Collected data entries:
[Start of Attachment]

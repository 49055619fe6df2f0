//! A packet in memory: building it, the strip of its front byte, a flip, and what a host makes of it.
//!
//! It moves no packet and knows no switch. What a contract sees of a `Packet` is the list of its bytes on the wire;
//! `specs/Packet.antt` of `packet_defs` says what they are, and `specs/Refusals.antt` here which bytes are refused.
//!
//! ```text
//!   83 | 00 05 | .. | AD      before the strip: one route byte, the type, a payload, the CRC
//!        00 05 | .. | 1B      after it: the front byte is read off, and the CRC loses its contribution
//! ```
#![tactic(auto)]

mod building;
mod host;
mod packet;

pub use building::{encode, packet_front, seal, type_bytes};
pub use host::{Body, decode_at_host, has_route};
pub use packet::{FlipRefusal, MAX_BYTES, Packet, WireFault};
pub use packet_defs::{HostDrop, Kind};
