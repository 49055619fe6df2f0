//! A port of a node or vertex.

/// A port of a node or vertex, which is given by its number.
#[derive(Clone, Copy, Debug)]
pub struct NodePort {
    /// The number of the node or vertex.
    pub node: u32,
    /// The port, from -15 to 15.
    pub port: i8,
}
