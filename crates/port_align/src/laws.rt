//! The laws of offsets: each function's contract is the law, and its body is empty.

ghost use Rattle.port_align.specs.Laws.{ZeroIsNeutral, EachHasItsInverse, OrderIsFree, GroupingIsFree, OwnIsZero};
ghost use Rattle.port_align.specs.Laws.{OtherWayIsInverse, OverAThirdIsSum};

/// Offsets add, with 0 and inverses, as far as sums stay from -15 to 15.
pub fn offsets_are_a_group()
    ensures zero { ZeroIsNeutral }
    ensures inverse { EachHasItsInverse }
    ensures order { OrderIsFree }
    ensures grouping { GroupingIsFree }
{}

/// Frames of one class are aligned by the group's numbers.
pub fn frames_are_aligned()
    ensures own { OwnIsZero }
    ensures other_way { OtherWayIsInverse }
    ensures over_a_third { OverAThirdIsSum }
{}
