//! Offsets between the ports of nodes that are one switch, and tables of far ends of ports.
//!
//! It keeps no classes: that is `replicate_merge`. `specs/Offset.antt` says what each call means, `specs/Laws.antt`
//! that offsets are a group, and `specs/Ends.antt` what a table has at a place.
//!
//! ```text
//!   class      .. 5   6   7   8   9 ..
//!   node u        0   1   2   3   4      offset +5
//!   node v    0   1   2   3   4   5      offset +4: port p of u is port p + 1 of v
//! ```
//!
//! A table keeps far ends by the number of a node or vertex: 31 places each, one for each port from -15 to 15. What a
//! number stands for is the owner's. Of most numbers one end alone is known, so a row of 31 places is made only where a
//! second one comes.
//!
//! ```text
//!   number     0           1           2             3
//!   known      nothing     one, at 15  row 1         row 0
//!                                      |             |
//!   rows       . . x .. x . (31)  ..  <+  row 0  <---+
//! ```
#![tactic(auto)]

mod end;
mod frame;
mod laws;
mod offset;
mod rows;
mod table;

pub use end::NodePort;
pub use frame::{ClassFrame, aligned};
pub use laws::{frames_are_aligned, offsets_are_a_group};
pub use offset::{compose, inverse};
pub use table::PortTable;
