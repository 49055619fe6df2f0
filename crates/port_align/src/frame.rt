//! Where the ports of a node lie in its class.

ghost use Rattle.std.specs.Prelude.{◌≡◌};
ghost use Rattle.net_defs.specs.Turn.{IsTurn};
ghost use Rattle.port_align.specs.Offset.{apart};

/// A node's class, and where the node's ports lie in it: port p of the node is port p + offset of the class.
#[derive(Clone, Copy, Debug, PartialEq, Eq)]
pub struct ClassFrame {
    /// The number of the class; its nodes are replicates.
    pub class: u32,
    /// What is added to a port of the node, from -15 to 15.
    pub offset: i8,
}

/// The offset of `u` less that of `v`: port p of the one node is port p + k of the other. None exactly for two classes.
pub fn aligned(u: ClassFrame, v: ClassFrame) -> Option<i8>
    requires first { IsTurn u.offset }
    requires second { IsTurn v.offset }
    ensures { result ≡ apart u v }
{
    if u.class == v.class {
        Some(u.offset - v.offset)
    } else {
        None
    }
}
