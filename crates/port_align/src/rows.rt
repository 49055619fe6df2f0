//! Rows of far ends, in 8 bytes a place.

ghost use Rattle.std.specs.Prelude.{◌≡◌, ◌<◌, ◌≤◌, ◌++◌, ◌∷◌, [], length, set, slice_index_or, None, OnOk};
ghost use Rattle.port_align.specs.Kept.{end_in};

use crate::end::NodePort;
use std::alloc::{AllocError, Global};
use std::marker::Model;

/// A far end as a row keeps it: none where there is no port. An `Option<NodePort>` takes half as much again.
#[derive(Clone, Copy, Debug)]
pub(crate) struct KeptEnd {
    node: u32,
    port: Option<i8>,
}

/// Far ends by place. Contracts see the list of places, and for how many there is room.
#[derive(Drop)]
pub(crate) struct Rows {
    ends: Vec<KeptEnd>,
}

impl Model for Rows {
    ghost use Rattle.std.specs.Prelude.{map, vec_capacity};
    ghost use Rattle.port_align.specs.Kept.{RowTable, end_in};

    ghost Value = { RowTable };

    ghost view = { λ r. record { items = map end_in r.ends.items; room = vec_capacity r.ends } };
}

impl Rows {
    /// No places. It takes no memory.
    pub(crate) fn new(alloc: Global) -> Rows
        ensures { result.items ≡ [] }
    {
        Rows {
            ends: Vec::new(alloc),
        }
    }

    /// How many places there are.
    pub(crate) fn len(&self) -> usize
        ensures { result ≡ length self.now.items }
    {
        self.ends.len()
    }

    /// What stands at a place.
    pub(crate) fn at(&self, place: usize) -> Option<NodePort>
        requires { place < length self.now.items }
        ensures { result ≡ slice_index_or self.now.items place None }
    {
        end_in(self.ends[place])
    }

    /// Keeps an end at a place, or that none is known.
    pub(crate) fn set(&mut self, place: usize, end: Option<NodePort>)
        requires { place < length self.old.items }
        ensures items { self.new.items ≡ set self.old.items place end }
        ensures room { self.new.room ≡ self.old.room }
    {
        self.ends[place] = kept(end);
    }

    /// Adds a place at which nothing stands. There is room.
    pub(crate) fn push_none(&mut self)
        requires { length self.old.items < self.old.room }
        ensures items { self.new.items ≡ self.old.items ++ None ∷ [] }
        ensures room { self.new.room ≡ self.old.room }
    {
        self.ends.push_reserved(kept(None));
    }

    /// Room for so many places in all.
    pub(crate) fn reserve(&mut self, places: usize) -> Result<(), AllocError>
        ensures same { self.new.items ≡ self.old.items }
        ensures kept { self.old.room ≤ self.new.room }
        ensures room { OnOk result (places ≤ self.new.room) }
    {
        self.ends.reserve(places.saturating_sub(self.ends.len()))
    }
}

// The end that is kept so.
fn end_in(kept: KeptEnd) -> Option<NodePort>
    ensures { result ≡ end_in kept }
{
    match kept.port {
        Some(port) => Some(NodePort {
            node: kept.node,
            port,
        }),
        None => None,
    }
}

// An end as it is kept.
fn kept(end: Option<NodePort>) -> KeptEnd
    ensures { end_in result ≡ end }
{
    match end {
        Some(end) => KeptEnd {
            node: end.node,
            port: Some(end.port),
        },
        None => KeptEnd {
            node: 0,
            port: None,
        },
    }
}
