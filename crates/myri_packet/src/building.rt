//! Building a packet.

ghost use Rattle.std.specs.Prelude.{◌≡◌, ◌≤◌, ◌∷◌, [], length, IfOk};
ghost use Rattle.packet_defs.specs.Packet.{packet_of, head_of, with_crc, type_of};

use crate::packet::Packet;
use packet_defs::{Kind, push_turns};
use std::alloc::{AllocError, Global};

/// The packet of a route, a kind and a payload, with the CRC that is due. Its turns are from -15 to 15: another has
/// no route byte, and its byte stops the packet, or turns it elsewhere.
pub fn encode(alloc: Global, route: &[i8], kind: Kind, payload: &[u8]) -> Result<Packet, AllocError>
    requires few { length route.now ≤ 64 }
    requires short { length payload.now ≤ 1040 }
    ensures { IfOk result (λ p. p ≡ packet_of route.now kind payload.now) }
{
    let mut bytes = packet_front(alloc, route, kind, payload.len())?;
    bytes.extend_from_slice(payload)?;
    seal(bytes)
}

/// What of a packet stands before its payload, with room for so many bytes of that. A payload that is written after
/// it needs no buffer of its own.
pub fn packet_front(
    alloc: Global,
    route: &[i8],
    kind: Kind,
    room: usize,
) -> Result<Vec<u8>, AllocError>
    requires few { length route.now ≤ 64 }
    requires short { room ≤ 1040 }
    ensures { IfOk result (λ v. v.items ≡ head_of route.now kind []) }
{
    let mut bytes = Vec::with_capacity(alloc, route.len() + room + 2)?;
    push_turns(&mut bytes, route)?;
    bytes.extend_from_slice(&type_bytes(kind))?;
    Ok(bytes)
}

/// The packet of a head, with the CRC that is due to it.
pub fn seal(head: Vec<u8>) -> Result<Packet, AllocError>
    requires { length head.items ≤ 1106 }
    ensures { IfOk result (λ p. p ≡ with_crc head.items) }
{
    Ok(Packet::of_head(head))
}

/// The bytes of a kind's type.
pub fn type_bytes(kind: Kind) -> [u8; 2]
    ensures { result ≡ 0 ∷ type_of kind ∷ [] }
{
    type_number(kind).to_be_bytes()
}

// The type number of a kind.
fn type_number(kind: Kind) -> u16
    ensures { result ≡ type_of kind }
{
    match kind {
        Kind::Mapping => 0x0005,
        Kind::Gm => 0x0008,
    }
}
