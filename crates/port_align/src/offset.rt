//! Offsets as numbers from -15 to 15.

ghost use Rattle.std.specs.Prelude.{◌≡◌, neg_ℤ};
ghost use Rattle.net_defs.specs.Turn.{IsTurn};
ghost use Rattle.port_align.specs.Offset.{composed};

// The greatest offset; the least is its negative.
const MAX_OFFSET: i8 = 15;

/// One offset after another. None exactly where their sum lies outside -15 to 15.
pub fn compose(j: i8, k: i8) -> Option<i8>
    requires first { IsTurn j }
    requires second { IsTurn k }
    ensures { result ≡ composed j k }
{
    let sum = j + k;
    if -MAX_OFFSET <= sum && sum <= MAX_OFFSET {
        Some(sum)
    } else {
        None
    }
}

/// The offset the other way round.
pub fn inverse(k: i8) -> i8
    requires { IsTurn k }
    ensures value { result ≡ neg_ℤ k }
    ensures in_range { IsTurn result }
{
    -k
}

[End of Attachment]

Which lines above run from the one containing "numbers from -15 to 15." down to the one containing "pub fn compose(j: i8, k: i8) -> Option<i8>"? Repeat exactly those, both ends included, and nothing else.

• ANSWER:
//! Offsets as numbers from -15 to 15.

ghost use Rattle.std.specs.Prelude.{◌≡◌, neg_ℤ};
ghost use Rattle.net_defs.specs.Turn.{IsTurn};
ghost use Rattle.port_align.specs.Offset.{composed};

// The greatest offset; the least is its negative.
const MAX_OFFSET: i8 = 15;

/// One offset after another. None exactly where their sum lies outside -15 to 15.
pub fn compose(j: i8, k: i8) -> Option<i8>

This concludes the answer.